--- Data for processing Enclosed Below ---

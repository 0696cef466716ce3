//! How many datagrams came.

use crate::counts::value;
use crossbeam_utils::CachePadded;
use std::sync::atomic::{AtomicU64, Ordering};

// How many workers count in a place of their own. Of more, some share one.
const PLACES: usize = 16;

/// How many datagrams came. Each gateway worker counts in a place of its own, and no two places share a cache line, so that workers do not
/// wait for each other. Where the server stops after so many, all count in the first, which tells when they are enough.
#[derive(Drop)]
pub struct Reads {
    most: u64,
    workers: AtomicU64,
    counts: [CachePadded<AtomicU64>; PLACES],
}

impl Reads {
    /// None came. The server stops after so many, if it is to stop.
    pub fn new(stop_after: Option<u32>) -> Reads {
        Reads {
            most: stop_after.map_or(u64::MAX, u64::from),
            workers: AtomicU64::new(0),
            counts: Default::default(),
        }
    }

    // Whether the server stops after so many.
    fn ends(&self) -> bool {
        self.most < u64::MAX
    }

    /// In which place a further worker counts.
    pub fn place(&self) -> usize {
        if self.ends() {
            return 0;
        }
        let worker = self.workers.fetch_add(1, Ordering::SeqCst);
        worker as usize % PLACES
    }

    /// One more came to a worker: how many it, and those that share its place, had counted, or nothing where these were enough.
    pub fn add_one(&self, place: usize) -> Option<u64> {
        let before = self.counts[place % PLACES].fetch_add(1, Ordering::SeqCst);
        if before < self.most {
            Some(before)
        } else {
            None
        }
    }

    /// Whether as many came as the server stops after.
    pub fn are_enough(&self) -> bool {
        self.ends() && value(&self.counts[0]) >= self.most
    }

    /// How many came, of which none is counted that came when they were enough.
    pub fn all(&self) -> u64 {
        let mut all = 0u64;
        for count in &self.counts {
            all = all.saturating_add(value(count));
        }
        all.min(self.most)
    }
}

--- End of Enclosed Data for processing ---

Say how many lines in the data hold the string "counts", and write nothing else.

8